Она не следила теперь за модой и одевалась очень просто. Была она одета в легкое платье клеш из темнозеленого узбекского шелка, с непокрытой головой, несмотря на то, что еще стояла прохладная погода. Волосы ее были зачесаны на прямой пробор.

О, эта простота!

Остановись, земля! Пускай умолкнет твой вечный шум, и ты услышишь крик, раздирающий душу, крик, скрытый за этой простотой…

— Такая встреча! Добрый день! Вам сказал Саид-Али, что я здесь? — спросила Любовь Прохоровна у Нур-Батулли. Ей хотелось, чтобы это было именно так. Она не боялась докучных намеков. Почему бы ей теперь и в самом деле не быть такой свободной и близкой с тем, кому она приходилась женой и… кому принадлежит ее материнство! Зачем скрываться?

— Простите. Я не совсем знал. Собственно, мы, узбеки, можем и не знать. Гм… У него такая уютная квартирка.

Батулли отказывался сесть, но не отказывался цинично оглядывать женщину. Его «заграничная воспитанность», какой он хвастался перед Храпковым, здесь бесследно пропала. Исподлобья наблюдал он за движением ее плеч, фигурой. И, хотя Любовь Прохоровна была опытной женщиной, она испугалась этого мужчины, как хищника. С надеждой поглядывала на Мухсума и говорила, что взбрело в голову:





— Вы уже знакомы с моим первым мужем?

— Да, да. С доктором Храпковым, вы имеете в виду?

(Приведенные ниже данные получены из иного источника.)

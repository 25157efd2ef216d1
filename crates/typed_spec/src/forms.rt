// Library forms over operands that are placed behind their number.
ghost use Rattle.std.specs.Prelude.{◌≡◌, ◌<◌, ◌≤◌, ℕ, List, [], ◌∷◌, ◌++◌, length, IfOk};
ghost use Rattle.spec_text.specs.declared.surface.Expr.TheOpen.{Expr-F};
ghost use Rattle.stream_core.specs.declared.spec.LibItem.{LibItem as LibItemValue};
ghost use Rattle.type_check.specs.Judged.{Scope as Names, truths, integer};
ghost use Rattle.type_check.specs.Standing.{IsDistinct};
ghost use Rattle.typed_spec.specs.declared.arena.Arena.{Arena as ArenaValue};
ghost use Rattle.typed_text.specs.ReadSpec.{Numbers as Order, Read, library, scalar_of, read_step};
ghost use Rattle.typed_spec.specs.Made.{Makes};
ghost use Rattle.typed_spec.specs.Windows.{window_form};

use crate::arena::{Arena, Operand};
use crate::types::{integer, scalar_of, truth, truths};
use sm_io::Seq;
use std::alloc::{AllocError, Global};
use stream_core::{LibForm, LibItem, NodeId};
use stream_types::Scalar;
use type_check::known::BOOL;

// One operand.
fn only(alloc: Global, p: NodeId) -> Result<Seq<NodeId>, AllocError>
    ensures { IfOk result (λ ids. ids ≡ p ∷ []) }
{
    let mut ids = Seq::new(alloc);
    ids.push(p)?;
    Ok(ids)
}

// Two operands.
fn pair(alloc: Global, p: NodeId, q: NodeId) -> Result<Seq<NodeId>, AllocError>
    ensures { IfOk result (λ ids. ids ≡ p ∷ q ∷ []) }
{
    let mut ids = Seq::new(alloc);
    ids.push(p)?;
    ids.push(q)?;
    Ok(ids)
}

pub fn clock(
    alloc: Global,
    arena: &mut Arena,
    at: u64,
    period: u32,
    phase: u32,
) -> Result<Operand, AllocError>
    ensures within { IfOk result (λ o. o.id < length arena.new.spec.nodes) }
    ensures size { length arena.old.spec.nodes ≤ length arena.new.spec.nodes }
    ensures others { arena.new.spec ≡ record arena.old.spec { nodes = arena.new.spec.nodes } }
    ensures forms { length arena.old.forms.items ≤ length arena.new.forms.items }
    ensures made { (names : List (List ℕ)) (s : Names) (n : Order)
        → IfOk result (λ o. Makes names arena.old arena.new (o ∷ []) (read_step n s (Expr-F.Clock at period phase) ∷ [])) }
{
    let number = arena.reserve(alloc, at)?;
    let item = LibItem {
        form: LibForm::Clock(period, phase),
        args: Seq::new(alloc),
        at,
    };
    let id = arena.fill(number, item)?;
    Ok(Operand { id, ty: Some(BOOL) })
}

/// A form over one truth.
pub fn over_truth(
    alloc: Global,
    arena: &mut Arena,
    number: usize,
    at: u64,
    form: LibForm,
    p: Operand,
) -> Result<Operand, AllocError>
    requires p { p.id < length arena.old.spec.nodes }
    requires number { number < length arena.old.forms.items }
    ensures within { IfOk result (λ o. o.id < length arena.new.spec.nodes) }
    ensures size { length arena.old.spec.nodes ≤ length arena.new.spec.nodes }
    ensures others { arena.new.spec ≡ record arena.old.spec { nodes = arena.new.spec.nodes } }
    ensures forms { length arena.old.forms.items ≤ length arena.new.forms.items }
    ensures made { (names : List (List ℕ)) (start mid : ArenaValue) (x : Read) (blank : LibItemValue) → IsDistinct names
        → number ≡ length start.forms.items → mid.spec ≡ start.spec → mid.forms.items ≡ start.forms.items ++ blank ∷ []
        → Makes names mid arena.old (p ∷ []) (x ∷ [])
        → IfOk result (λ o. Makes names start arena.new (o ∷ []) (library (truths at (x.judged ∷ [])) at form (x ∷ []) ∷ [])) }
{
    let ty = truth(at, p.ty);
    let args = only(alloc, p.id)?;
    let id = arena.fill(number, LibItem { form, args, at })?;
    Ok(Operand { id, ty })
}

/// A form over two truths.
pub fn over_truths(
    alloc: Global,
    arena: &mut Arena,
    number: usize,
    at: u64,
    form: LibForm,
    p: Operand,
    q: Operand,
) -> Result<Operand, AllocError>
    requires p { p.id < length arena.old.spec.nodes }
    requires q { q.id < length arena.old.spec.nodes }
    requires number { number < length arena.old.forms.items }
    ensures within { IfOk result (λ o. o.id < length arena.new.spec.nodes) }
    ensures size { length arena.old.spec.nodes ≤ length arena.new.spec.nodes }
    ensures others { arena.new.spec ≡ record arena.old.spec { nodes = arena.new.spec.nodes } }
    ensures forms { length arena.old.forms.items ≤ length arena.new.forms.items }
    ensures made { (names : List (List ℕ)) (start mid late : ArenaValue) (x y : Read) (blank : LibItemValue) → IsDistinct names
        → number ≡ length start.forms.items → mid.spec ≡ start.spec → mid.forms.items ≡ start.forms.items ++ blank ∷ []
        → Makes names mid late (p ∷ []) (x ∷ []) → Makes names late arena.old (q ∷ []) (y ∷ [])
        → IfOk result (λ o. Makes names start arena.new (o ∷ []) (library (truths at (x.judged ∷ y.judged ∷ [])) at form (x ∷ y ∷ []) ∷ [])) }
{
    let ty = truths(at, p.ty, q.ty);
    let args = pair(alloc, p.id, q.id)?;
    let id = arena.fill(number, LibItem { form, args, at })?;
    Ok(Operand { id, ty })
}

/// Which number of a window is told.
#[derive(Clone, Copy)]
pub enum Window {
    Max,
    Min,
    Sum,
}

fn window_form(window: Window, n: u32, scalar: Scalar) -> LibForm
    ensures { result ≡ window_form window n scalar }
{
    match window {
        Window::Max => LibForm::WindowMax(n, scalar),
        Window::Min => LibForm::WindowMin(n, scalar),
        Window::Sum => LibForm::WindowSum(n, scalar),
    }
}

/// A form over the latest samples of a number.
pub fn over_samples(
    alloc: Global,
    arena: &mut Arena,
    number: usize,
    at: u64,
    window: Window,
    n: u32,
    e: Operand,
) -> Result<Operand, AllocError>
    requires e { e.id < length arena.old.spec.nodes }
    requires number { number < length arena.old.forms.items }
    ensures within { IfOk result (λ o. o.id < length arena.new.spec.nodes) }
    ensures size { length arena.old.spec.nodes ≤ length arena.new.spec.nodes }
    ensures others { arena.new.spec ≡ record arena.old.spec { nodes = arena.new.spec.nodes } }
    ensures forms { length arena.old.forms.items ≤ length arena.new.forms.items }
    ensures made { (names : List (List ℕ)) (start mid : ArenaValue) (x : Read) (blank : LibItemValue) → IsDistinct names
        → number ≡ length start.forms.items → mid.spec ≡ start.spec → mid.forms.items ≡ start.forms.items ++ blank ∷ []
        → Makes names mid arena.old (e ∷ []) (x ∷ [])
        → IfOk result (λ o. Makes names start arena.new (o ∷ []) (library (integer at x.judged) at (window_form window n (scalar_of x)) (x ∷ []) ∷ [])) }
{
    let ty = integer(at, e.ty);
    let form = window_form(window, n, scalar_of(e.ty));
    let args = only(alloc, e.id)?;
    let id = arena.fill(number, LibItem { form, args, at })?;
    Ok(Operand { id, ty })
}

— К сожалению, это был мой первый муж, — с горькой улыбкой ответила Храпкова.

Она собиралась еще что-то сказать, лишь бы только не молчать. Но в комнату без стука вошел Вася Молокан. В этот раз он был одет, как работник прессы, довольно прилично. На нем были и лохматая зимняя кепка, и пальто из какого-то хорошего материала, и брюки в полоску. Все это, казалось, было результатом чьего-то стороннего и внимательного присмотра.

— Простите, можно мне? Ах, какой я невежа! Забыл постучать. Добрый вечер… Так я уже готов.

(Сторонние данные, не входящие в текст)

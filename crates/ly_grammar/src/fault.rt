ghost use Rattle.std.specs.Prelude.{◌≡◌};
ghost use Rattle.ly_grammar.specs.declared.fault.GrammarFault.TheVariants as fault;

use ly_base::OutOfMemory;
use std::alloc::{AllocError, AllocFailed};
use thiserror::Error;

/// Why a grammar can't be reduced.
#[derive(Clone, Copy, Debug, PartialEq, Eq, Error)]
pub enum GrammarFault {
    /// The start symbol has no tree, so there is no sentence.
    #[error("the start symbol derives no sentence")]
    StartUnproductive,
    /// Out of memory.
    #[error("out of memory")]
    OutOfMemory,
}

impl GrammarFault {
    ghost use Rattle.ly_grammar.specs.FaultNames.{grammar_name, grammar_number};

    /// The error's number; none for `OutOfMemory`.
    pub fn number(&self) -> Option<u8>
        ensures { result ≡ grammar_number self.now }
    {
        match self {
            GrammarFault::StartUnproductive => Some(60),
            GrammarFault::OutOfMemory => None,
        }
    }

    /// The error's name.
    pub fn name(&self) -> &'static str
        ensures { result.now ≡ grammar_name self.now }
    {
        match self {
            GrammarFault::StartUnproductive => "StartUnproductive",
            GrammarFault::OutOfMemory => "OutOfMemory",
        }
    }
}

impl From<AllocError> for GrammarFault {
    ghost from_gives = { λ _ e. e ≡ fault.OutOfMemory };

    fn from(_error: AllocError) -> GrammarFault {
        GrammarFault::OutOfMemory
    }
}

impl<T: Drop> From<AllocFailed<T>> for GrammarFault {
    ghost from_gives = { λ _ e. e ≡ fault.OutOfMemory };

    fn from(_error: AllocFailed<T>) -> GrammarFault {
        GrammarFault::OutOfMemory
    }
}

impl From<OutOfMemory> for GrammarFault {
    ghost from_gives = { λ _ e. e ≡ fault.OutOfMemory };

    fn from(_error: OutOfMemory) -> GrammarFault {
        GrammarFault::OutOfMemory
    }
}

Молокан умолк, видя, как недружелюбно поглядел на него Батулли, очевидно недовольный такой его аккуратностью и болтливостью. Он смутился. Может быть, почувствовал что-то нехорошее в своей сегодняшней роли. Может, он в свои годы, по его же определению «не первой свежести», не мог терпеть такое поведение «патрона». Он собирался что-то ответить на молчаливый упрек Батулли, но Любовь Прохоровна обратилась к нему:

— По вашему произношению чувствуется, что вы украинец. Малороссийские песни, садок вишневый с майскими жуками… Сказочная романтика. Я однажды гостила у своей тетки на Киевщине.

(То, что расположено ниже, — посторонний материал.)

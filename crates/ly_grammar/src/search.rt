//! Finds the nonterminals that have trees, with or without tokens, in time linear in the grammar. Each rule is visited
//! once, and again whenever the nonterminal that it waits for is found (Dowling and Gallier 1984).
ghost use Rattle.std.specs.Prelude.{◌≡◌, ◌≢◌, ◌<◌, ◌≤◌, ◌+◌, ◌↔◌, ◌++◌, ℕ, [], ◌∷◌, length, take, false, true};
ghost use Rattle.std.specs.Prelude.{replicate};
ghost use Rattle.std.specs.Prelude.{slice_index_or, slice_get, map, All, IfOk, OnOk, Some, option_map};
ghost use Rattle.ly_join.specs.Grammar.{IsRule, nonterminal, symbol_of};
ghost use Rattle.ly_join.specs.Grammar as join;
ghost use Rattle.ly_grammar.specs.Reduction.{restricted};
ghost use Rattle.ly_grammar.specs.Private.Search.{passes, waits_for, with_found, with_passed, with_waiting};
ghost use Rattle.ly_grammar.specs.Private.Search.{Advances, SymbolsPass, HasPassed, HasPlaces, HasTree, HasNumberBelow};
ghost use Rattle.ly_grammar.specs.Private.Search.{IsTakenNext, IsSearch};

use crate::waiting::Waiting;
use ly_join::{Grammar, GrammarRule, Symbol};
use std::alloc::{AllocError, Global};
use std::marker::Model;

/// A search in progress.
#[derive(Drop)]
struct Search {
    /// Whether trees may contain terminals.
    terminals: bool,
    /// For each nonterminal, whether a tree of it has been found.
    found: Vec<bool>,
    /// For each rule, the number of symbols at the front of its body that are known to have trees.
    passed: Vec<usize>,
    /// The rules that wait for the next symbol of their bodies.
    waiting: Waiting,
    /// The nonterminals that have been found and whose waiting rules haven't been visited.
    queue: Vec<usize>,
}

impl Model for Search {
    ghost use Rattle.ly_grammar.specs.Private.Search.{Progress};

    ghost Value = { Progress };

    ghost view = { λ s. record {
      terminals = s.terminals;
      found = s.found.items;
      passed = s.passed.items;
      waiting = s.waiting;
      queue = s.queue.items;
    } };
}

/// For each nonterminal, whether it has a tree by the kept rules: any tree, or one without tokens if terminals aren't
/// allowed.
pub(crate) fn with_trees(
    alloc: Global,
    grammar: &Grammar,
    kept: &[bool],
    terminals: bool,
) -> Result<Vec<bool>, AllocError>
    requires { length kept.now ≡ length grammar.now.rules }
    ensures long { IfOk result (λ found. length found.items ≡ grammar.now.accept + 1) }
    ensures exact { IfOk result (λ found. (A : ℕ) → (slice_index_or found.items A false ≡ true)
        ↔ HasTree (restricted kept.now grammar.now) terminals (nonterminal A)) }
{
    let mut search = Search::new(alloc, grammar, terminals)?;
    for number in 0..grammar.rules().len() {
        if kept[number] {
            search.advance(grammar.rule(number), number)?;
        }
    }
    while let Some(waiting) = search.next(alloc) {
        for &number in &waiting {
            search.advance(grammar.rule(number), number)?;
        }
    }
    Ok(search.found)
}

impl Search {
    /// A search that has found nothing yet.
    fn new(alloc: Global, grammar: &Grammar, terminals: bool) -> Result<Search, AllocError>
        ensures { IfOk result (λ s. s ≡ record {
          terminals = terminals;
          found = replicate (grammar.now.accept + 1) false;
          passed = replicate (length grammar.now.rules) 0;
          waiting = replicate (grammar.now.accept + 1) [];
          queue = [];
        }) }
    {
        let nonterminals = grammar.accept().0 as usize + 1;
        Ok(Search {
            terminals,
            found: vec![in alloc; false; nonterminals]?,
            passed: vec![in alloc; 0; grammar.rules().len()]?,
            waiting: Waiting::new(alloc, nonterminals)?,
            queue: Vec::new(alloc),
        })
    }

    /// Takes a nonterminal from the queue, and returns the rules that wait for it.
    fn next(&mut self, alloc: Global) -> Option<Vec<usize>>
        requires { All (λ A. A < length self.old.waiting) self.old.queue }
        ensures { IsTakenNext self.old self.new (option_map (λ rules. rules.items) result) }
    {
        let nonterminal = self.queue.pop()?;
        Some(self.waiting.take(alloc, nonterminal))
    }

    /// Advances over the body of a rule as far as possible. At the end, the left side is found; else the rule waits.
    fn advance(&mut self, rule: &GrammarRule, number: usize) -> Result<(), AllocError>
        requires { HasPlaces self.old number rule.now }
        ensures { OnOk result ((G : join.Grammar) → IsSearch G self.old → IsRule G number rule.now
            → Advances G self.old self.new number rule.now) }
    {
        match self.pass(rule, number) {
            None => self.find(rule.left().0 as usize),
            Some(Symbol::Nonterminal(symbol)) => self.wait(symbol.0 as usize, number),
            Some(Symbol::Terminal(_)) => Ok(()),
        }
    }

    /// Advances over the body of a rule as far as possible. Returns the symbol that blocks it, if any.
    fn pass(&mut self, rule: &GrammarRule, number: usize) -> Option<Symbol>
        requires { HasPlaces self.old number rule.now }
        ensures { HasPassed self.old self.new number rule.now result }
    {
        let body = rule.body();
        let at = passing_until(body, self.passed[number], &self.found, self.terminals);
        self.passed[number] = at;
        body.get(at).copied()
    }

    /// Marks a nonterminal as found.
    fn find(&mut self, nonterminal: usize) -> Result<(), AllocError>
        requires { nonterminal < length self.old.found }
        ensures { OnOk result (self.new ≡ with_found self.old nonterminal) }
    {
        if !self.found[nonterminal] {
            self.queue.push(nonterminal)?;
            self.found[nonterminal] = true;
        }
        Ok(())
    }

    /// Makes a rule wait for a nonterminal.
    fn wait(&mut self, nonterminal: usize, number: usize) -> Result<(), AllocError>
        requires { nonterminal < length self.old.waiting }
        ensures { OnOk result (self.new ≡ with_waiting self.old nonterminal number) }
    {
        self.waiting.add(nonterminal, number)
    }
}

/// The number of symbols at the front of a body that are known to have trees. The first `from` are known to.
pub(crate) fn passing_until(body: &[Symbol], from: usize, found: &[bool], terminals: bool) -> usize
    requires from { from ≤ length body.now }
    requires numbered { All (HasNumberBelow (length found.now)) (map symbol_of body.now) }
    ensures within { result ≤ length body.now }
    ensures passing { SymbolsPass found.now terminals (take from (map symbol_of body.now))
        → SymbolsPass found.now terminals (take result (map symbol_of body.now)) }
    ensures stops { (X : join.Symbol) → slice_get (map symbol_of body.now) result ≡ Some X
        → passes found.now terminals X ≡ false }
{
    let mut at = from;
    while at < body.len() && symbol_passes(body[at], found, terminals) {
        at += 1;
    }
    at
}

/// Whether a symbol is known to have a tree: a terminal if they are allowed, or a nonterminal that was found.
fn symbol_passes(symbol: Symbol, found: &[bool], terminals: bool) -> bool
    requires { HasNumberBelow (length found.now) (symbol_of symbol) }
    ensures { result ≡ passes found.now terminals (symbol_of symbol) }
{
    match symbol {
        Symbol::Terminal(_) => terminals,
        Symbol::Nonterminal(symbol) => found[symbol.0 as usize],
    }
}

— А наши сады, думаю, вполне заменят их, — ни к селу ни к городу заметил Батулли.

— О, конечно. Зеленая мята, журчание арыков — это настоящая восточная сказочная экзотика. Вещи совсем разные, но каждая из них очаровательна по-своему! Прошу извинить меня, я спешу к поезду… На дворе нахмурилось, будто вечереет.

На дворе действительно становилось темно, то ли оттого, что тучи заволокли небо, то ли потому, что наступал вечер.

Батулли наконец уселся на широкий диван с новой обивкой. Любовь Прохоровна, облокотившись на стол, стоя торопливо писала записку Мухтарову. Батулли любовался ее красивым профилем.

Свет из окна падал на ее лицо, на темно-зеленое шелковое платье, и казалось, что искусная рука художника окружала ее фигуру золотистым сиянием.

Молокан, отойдя от двери, стал пристально всматриваться в Любовь Прохоровну. Будто впервые в жизни он увидел такую изящную, стройную женщину и грусть в ее глазах, в позе… Вот-вот он начнет рассматривать ее на свету, как драгоценный мрамор.

Любовь Прохоровна написала записку, по-женски сложила ее уголок к уголку. Ее сжатые губы заметно дрожали, когда она молча передавала записку Мухсуму. Потом она взялась за пальто, как будто в комнате, кроме нее, никого не было.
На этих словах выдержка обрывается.